- Location: South Australia
- Nearest city: Morgan
- Coordinates: 33°56′12″S 139°30′33″E﻿ / ﻿33.9366°S 139.5092°E
- Area: 8.91 km^{2} (3.44 sq mi)
- Established: 17 July 1969
- Visitors: "quite low" (in 1994)
- Governing body: Department for Environment and Water

= White Dam Conservation Park =

Protected area in South Australia

White Dam Conservation Park (formerly the White's Dam Conservation Park and the White National Parks Reserve) is a protected area located in the Australian state of South Australia in the localities of Lindley and Maude about 139 km north-east of the state capital of Adelaide and about 14 km north-west of the town of Morgan.

The conservation park consists of land in the Sections 197, 199, 201 and 202 in the cadastral unit of the Hundred of Lindley and Section 252 of the Hundred of Maude. The conservation park consists of a strip of land along alternative sides of the Goyder Highway on its route form Morgan in the south-east to Burra in the north-west.

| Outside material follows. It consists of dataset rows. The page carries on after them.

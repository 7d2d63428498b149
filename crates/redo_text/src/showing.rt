//! Prints a log as a text: its header, and record by record with the tables that are known so far.
//!
//! What is printed of a log as a whole is written as the same log (`a_shown_log_is_said`).
ghost use Rattle.std.specs.Prelude.{◌≡◌, ◌++◌, ◌∷◌, [], IfOk, OnOk, codes};
ghost use Rattle.std.specs.Fmt.{decimal};
ghost use Rattle.line_fields.specs.Known.{known_after};
ghost use Rattle.redo_lines.specs.Printing.{line_of_vector};
ghost use Rattle.redo_text.specs.Showing.{with_end, number_line, heading_text, vectors_text, known_behind, record_text};

use redo_lines::{decimal_of, joined_two, note_vector, print_vector, push_bytes};
use redo_spec::Header;
use redo_vec::{RedoRec, TableRow, Vector};
use rl_value::NoMemory;
use std::alloc::Global;

fn push_line(out: &mut Vec<u8>, line: &[u8]) -> Result<(), NoMemory>
    ensures { OnOk result (out.new.items ≡ out.old.items ++ with_end line.now) }
{
    push_bytes(out, line)?;
    push_bytes(out, b"\n")
}

fn push_number(
    alloc: Global,
    out: &mut Vec<u8>,
    keyword: &[u8],
    number: u64,
) -> Result<(), NoMemory>
    ensures { OnOk result (out.new.items ≡ out.old.items ++ with_end (number_line keyword.now number)) }
{
    let number = decimal_of(alloc, number)?;
    let line = joined_two(alloc, b' ', keyword, number.as_slice())?;
    push_line(out, line.as_slice())
}

fn push_range(alloc: Global, out: &mut Vec<u8>, head: Header) -> Result<(), NoMemory>
    ensures { OnOk result (out.new.items ≡ out.old.items
        ++ (with_end (number_line (codes "FIRST") head.first) ++ with_end (number_line (codes "NEXT") head.next))) }
{
    push_number(alloc, out, b"FIRST", head.first)?;
    push_number(alloc, out, b"NEXT", head.next)
}

fn push_names(alloc: Global, out: &mut Vec<u8>, head: Header) -> Result<(), NoMemory>
    ensures { OnOk result (out.new.items ≡ out.old.items
        ++ (with_end (number_line (codes "LOG") head.seq) ++ with_end (number_line (codes "DBID") head.dbid))) }
{
    push_number(alloc, out, b"LOG", u64::from(head.seq))?;
    push_number(alloc, out, b"DBID", u64::from(head.dbid))
}

/// The lines of a log's header.
#[tactic(auto, unfolding(crate::specs::Showing::heading_text))]
pub fn show_header(alloc: Global, head: Header) -> Result<Vec<u8>, NoMemory>
    ensures shown { IfOk result (λ text. text.items ≡ heading_text head) }
{
    let mut out = Vec::new(alloc);
    push_names(alloc, &mut out, head)?;
    push_range(alloc, &mut out, head)?;
    Ok(out)
}

fn push_vector(
    alloc: Global,
    tables: &mut Vec<TableRow>,
    out: &mut Vec<u8>,
    vector: &Vector,
) -> Result<(), NoMemory>
    ensures shown { OnOk result (out.new.items ≡ out.old.items ++ with_end (line_of_vector tables.old.items vector.now)) }
    ensures known { OnOk result (tables.new.items ≡ known_after tables.old.items vector.now) }
{
    let line = print_vector(alloc, tables.as_slice(), vector)?;
    push_line(out, line.as_slice())?;
    note_vector(tables, vector)
}

fn push_vectors(
    alloc: Global,
    tables: &mut Vec<TableRow>,
    out: &mut Vec<u8>,
    vectors: &[Vector],
) -> Result<(), NoMemory>
    ensures shown { OnOk result (out.new.items ≡ out.old.items ++ vectors_text tables.old.items vectors.now) }
    ensures known { OnOk result (tables.new.items ≡ known_behind tables.old.items vectors.now) }
{
    let mut rest = vectors;
    while let [vector, others @ ..] = rest {
        push_vector(alloc, tables, out, vector)?;
        rest = others;
    }
    Ok(())
}

/// The lines of a record, where these tables are known; those that it says are known behind it.
#[tactic(auto, unfolding(crate::specs::Showing::record_text))]
pub fn show_record(
    alloc: Global,
    tables: &mut Vec<TableRow>,
    rec: &RedoRec,
) -> Result<Vec<u8>, NoMemory>
    ensures shown { IfOk result (λ text. text.items ≡ record_text tables.old.items rec.now) }
    ensures known { OnOk result (tables.new.items ≡ known_behind tables.old.items rec.now.vectors) }
{
    let mut out = Vec::new(alloc);
    push_number(alloc, &mut out, b"RECORD", rec.scn)?;
    push_vectors(alloc, tables, &mut out, rec.vectors.items())?;
    Ok(out)
}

The land first received protected area status as the White National Parks Reserve in respect to land in section 202 of the Hundred of Lindley and was proclaimed on 17 July 1969 under the National Parks Act 1966. On 17 September 1970, the remainder of the current extent was added. On 27 April 1972, the national parks reserve was reconstituted as the White's Dam Conservation Park under the National Parks and Wildlife Act 1972. On 12 May 1983, its name was altered to White Dam Conservation Park. As of 2018, it covered an area of 8.91 km2.

In 1994, the conservation park was described as follows:
The black oak (Allocasuarina cristata) low open woodland has an understorey dominated by bluebush (Mareana sedifolia) . Other understorey species present include spear grass (Stipa sp.), emubush (Eremophila sp.), Electrion sp., false sandalwood (Myoporum platycarpum), quondong (Santalum acumintum), and nitrebush (Nitraria billardierei)...

As of 1994, visitation was described as being “quite low” despite the “significant numbers of people” using the Goyder Highway.

The conservation park is classified as an IUCN Category Ia protected area.